L'expérience utilisateur du site restera identique, et non, Wikipédia ne se transforme pas en chatbot, insistent les responsables du projet. C'est plutôt le backend qui deviendra plus facile d'accès pour les développeurs d'IA souhaitant construire leurs propres applications, comme des chatbots utilisant ces données. Philippe Saadé, responsable du projet IA chez Wikidata, souligne que l'objectif principal est de démocratiser l'accès à des données de haute qualité. Dans une déclaration à la presse, il a insisté sur l'indépendance de son projet vis-à-vis des grands laboratoires d'IA ou des géants de la technologie.
“Ce lancement du projet Embedding montre que l'IA puissante n'a pas besoin d'être contrôlée par une poignée d'entreprises. Elle peut être ouverte, collaborative et conçue pour servir tout le monde.”
Cette initiative arrive à un moment où les développeurs d'IA se démènent pour trouver des sources de données de haute qualité pouvant être utilisées pour affiner leurs modèles. Les systèmes d'entraînement eux-mêmes sont devenus plus sophistiqués, souvent assemblés comme des environnements complexes plutôt que de simples ensembles de données, mais ils en nécessitent toujours, soigneusement organisées pour fonctionner efficacement. Pour les déploiements nécessitant une grande précision, le besoin de données fiables est particulièrement urgent.

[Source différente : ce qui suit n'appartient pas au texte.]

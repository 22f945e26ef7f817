//! A call on a condition variable as a state machine: each answer to a step gives the next step to make.
//!
//! A condition variable has one word of 64 bits: the count of its waits, how many of them are not claimed, and its epoch. The
//! machine makes no step itself. The owner of the word makes the steps in a loop: the driver.
#![tactic(auto)]

mod act;
mod action;
mod call;
mod laws;
mod stage;
mod word;

pub use act::{Begun, EventAct};
pub use action::EventAction;
pub use call::EventCall;
pub use laws::{every_wait_is_reached, waits_hand_over_the_mutex};
pub use stage::EventStage;
pub use word::{EventWord, LAST_EPOCH, MOST_WAITS, ONE_WAIT};
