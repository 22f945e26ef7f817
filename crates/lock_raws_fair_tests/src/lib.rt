//! Tests of the raw locks that admit in the order of arrival: which thread they admit when, and that they starve no
//! thread.
#![tactic(auto)]

#[cfg(test)]
mod tests;
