//! What the driver of a condition variable does next.

/// One atomic step on the word, a sleep, a wake-up, a step on the mutex, or the end of the call. The driver answers each with
/// a number.
#[derive(Clone, Copy, PartialEq, Eq, Debug)]
pub enum EventAction {
    /// Loads the word. The answer is its value.
    Load,
    /// Replaces the first number by the second one, if the word is the first. The answer is the value before.
    Exchange(u64, u64),
    /// Subtracts the number. The answer is the value before.
    Subtract(u64),
    /// Sets the bits of the number. The answer is the value before.
    Or(u64),
    /// Sleeps while the epoch, the low half of the word, is this number. A sleep may end early. The answer is 1 if the deadline
    /// of the call has passed, and 0 otherwise.
    Park(u64),
    /// Wakes one thread that sleeps on the epoch.
    WakeOne,
    /// Wakes all threads that sleep on the epoch.
    WakeAll,
    /// Yields to another thread. The answer is that of a sleep.
    Yield,
    /// Releases the mutex of a wait.
    Unlock,
    /// Acquires the mutex of a wait.
    Lock,
    /// Ends the call with this answer.
    End(bool),
}
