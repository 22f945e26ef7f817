//! The raw locks that admit in the order of arrival: which thread is admitted when.
mod counts;
mod parts;
mod scene;

use counts::{count_beside_readers, count_in_four_threads};
use lock_modes::Mode::{Exclusive, Shared};
use lock_raws::RealTime;
use lock_raws_fair::{FairCore, FairRaw};
use lock_raws_monitor::TableArbiter;
use lock_test_support::answer::equal;
use scene::Role::{Nothing, Pass, Release, TimedWrite, Upgrade, Write};
use scene::{Actor, arrivals_beside_timed_calls, check_scenes};
use std::test::Fail;

type TimedFairCore = FairCore<TableArbiter, HostRuntime, RealTime>;

const IDLE: Actor = (0, 0, Nothing, 0);

/// How often the threads of a scene play it, and their digits in the order of admission.
const SCENES: [(&str, u32, [Actor; 5], u64); 4] = [
    (
        "arrival",
        200,
        [
            (3, 0, Write, 4),
            (1, 0, Write, 2),
            (2, 0, Write, 3),
            (0, 0, Write, 1),
            (4, 0, Release(Exclusive), 0),
        ],
        1234,
    ),
    (
        "release and acquire",
        500,
        [(1, 0, Pass, 2), (0, 0, Write, 1), IDLE, IDLE, IDLE],
        12,
    ),
    (
        "upgrade",
        100,
        [
            (0, 0, Upgrade, 1),
            (0, 0, Write, 2),
            (1, 0, Release(Shared), 0),
            IDLE,
            IDLE,
        ],
        12,
    ),
    (
        "two of four time out",
        50,
        [
            (0, 0, TimedWrite, 1),
            (1, 0, Write, 2),
            (2, 0, TimedWrite, 3),
            (3, 0, Write, 4),
            (4, 2, Release(Exclusive), 0),
        ],
        24,
    ),
];

#[test]
fn scenes(rt: HostRuntime) -> Result<(), Fail> {
    check_scenes::<HostRuntime, TimedFairCore>(&rt, rt.alloc(), &SCENES)
}

#[test]
fn four_threads_count(rt: HostRuntime) -> Result<(), Fail> {
    let count = count_in_four_threads::<HostRuntime, FairRaw<HostRuntime>>(&rt, rt.alloc(), rt)?;
    equal(count, 20_000)
}

#[test]
fn three_readers_that_never_pause_starve_no_writer(rt: HostRuntime) -> Result<(), Fail> {
    let count = count_beside_readers::<HostRuntime, FairRaw<HostRuntime>>(&rt, rt.alloc(), rt)?;
    equal(count, 100)
}

/// Behind the first ticket 63 more may leave. Later timed calls get no ticket, and end at their deadline too.
#[test]
fn timed_calls_without_a_ticket_end(rt: HostRuntime) -> Result<(), Fail> {
    let arrivals = arrivals_beside_timed_calls::<HostRuntime, TimedFairCore>(&rt, rt.alloc(), rt)?;
    equal(arrivals, 64)
}
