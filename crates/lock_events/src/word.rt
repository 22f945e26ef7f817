//! The word of a condition variable: a count of waits, how many of them are not claimed, and the epoch.
ghost use Rattle.std.specs.Prelude.{◌≡◌, ◌<◌, ◌+◌, ◌^◌, true};
ghost use Rattle.lock_events.specs.Words.{one_less};

/// The last epoch. No wait registers in it while one is counted. When all have left, the next one begins the epochs anew.
pub const LAST_EPOCH: u64 = 4_294_967_295;

/// At most so many waits are counted.
pub const MOST_WAITS: u64 = 16_777_215;

/// So many waits are not claimed, or more. Then a notification of one claims none.
const MANY: u64 = 255;

/// What one more epoch adds to the word above the epoch.
const EPOCHS: u64 = 4_294_967_296;

/// What a wait subtracts from the word when it ends.
pub const ONE_WAIT: u64 = 1_099_511_627_776;

/// What a word of 64 bits encodes: 24 bits of the count, 8 of the waits that are not claimed, and 32 of the epoch, on which
/// threads sleep.
#[derive(Clone, Copy, PartialEq, Eq, Debug)]
pub struct EventWord {
    /// How many waits are registered.
    pub count: u64,
    /// At most how many of them no notification has claimed, or 255 for any number. It may be above the count.
    pub unclaimed: u64,
    /// The epoch, which a notification ends.
    pub epoch: u64,
}

impl EventWord {
    ghost use Rattle.lock_events.specs.Words.{decoded, encoded, IsSmall, with_wait, in_next_epoch, takes_in, has_none, unclaimed_in};

    /// Decodes a word.
    #[tactic(auto, unfolding(crate::specs::Words::decoded))]
    pub fn of(word: u64) -> EventWord
        ensures decoded { result ≡ decoded word }
        ensures small { IsSmall result }
    {
        EventWord {
            count: word / ONE_WAIT,
            unclaimed: word / EPOCHS % (MANY + 1),
            epoch: word % EPOCHS,
        }
    }

    /// Encodes the word.
    #[tactic(auto, unfolding(crate::specs::Words::encoded))]
    pub fn word(self) -> u64
        requires { IsSmall self }
        ensures { result ≡ encoded self }
    {
        self.count * ONE_WAIT + self.unclaimed * EPOCHS + self.epoch
    }

    /// Returns whether one more wait may register.
    pub fn takes_in(self) -> bool
        ensures { result ≡ takes_in self }
    {
        self.count < MOST_WAITS && (self.count == 0 || self.epoch < LAST_EPOCH)
    }

    /// Returns how many waits are not claimed. A wait that ends subtracts from the count alone, and so takes a claim away, if
    /// there is one.
    pub fn unclaimed_waits(self) -> u64
        ensures { result ≡ unclaimed_in self }
    {
        self.count.min(self.unclaimed)
    }

    /// Returns whether a notification of all has nobody to wake, or one of one. Every counted wait is claimed then.
    pub fn has_none(self, all: bool) -> bool
        ensures { result ≡ has_none all self }
    {
        if all {
            self.count == 0
        } else {
            self.unclaimed_waits() == 0
        }
    }

    /// One more wait registers. The first one begins the epochs anew.
    pub(crate) fn with_wait(self) -> EventWord
        requires small { IsSmall self }
        requires takes_in { takes_in self ≡ true }
        ensures word { result ≡ with_wait self }
        ensures small { IsSmall result }
    {
        if self.count == 0 {
            return EventWord {
                count: 1,
                unclaimed: 1,
                epoch: 0,
            };
        }
        EventWord {
            count: self.count + 1,
            unclaimed: (self.unclaimed_waits() + 1).min(MANY),
            epoch: self.epoch,
        }
    }

    /// A notification ends the epoch, and claims one more wait, or all.
    pub(crate) fn in_next_epoch(self, all: bool) -> EventWord
        requires small { IsSmall self }
        requires early { self.epoch + 1 < 2 ^ 32 }
        ensures word { result ≡ in_next_epoch all self }
        ensures small { IsSmall result }
    {
        let unclaimed = if all {
            0
        } else {
            one_less(self.unclaimed_waits())
        };
        EventWord {
            count: self.count,
            unclaimed,
            epoch: self.epoch + 1,
        }
    }
}

fn one_less(waits: u64) -> u64
    ensures less { result ≡ one_less waits }
    ensures small { result < 2 ^ 8 }
{
    if waits < MANY {
        waits.saturating_sub(1)
    } else {
        MANY
    }
}
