//! The acts of a run of calls on one condition variable.
use crate::call::EventCall;

/// One act of a run of calls on one condition variable. Calls are numbered from 0. It exists in contracts only.
pub enum EventAct {
    /// A new call waits.
    Wait,
    /// A new call notifies all waits, or one.
    Notify(bool),
    /// The call makes the step that it asks for. A step that reads no word is answered with the second number.
    Step(u64, u64),
}

/// A call of a run. It exists in contracts only.
pub struct Begun {
    /// The call after its last step.
    pub call: EventCall,
    /// How many calls had begun when it registered, if it is a wait that has.
    pub before: u64,
}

Bien que certains puissent regarder Wikipédia de haut, ces dernières sont nettement plus factuelles que des ensembles de données fourre-tout comme Common Crawl, cette collection massive de pages web récupérées à travers Internet.
L'équipe espère également que cet accès facilité à Wikidata permettra aux systèmes d'IA de mieux refléter des sujets de niche peu représentés sur Internet. La base de données est désormais accessible publiquement sur Toolforge, et Wikidata organise un webinaire pour les développeurs intéressés le 9 octobre.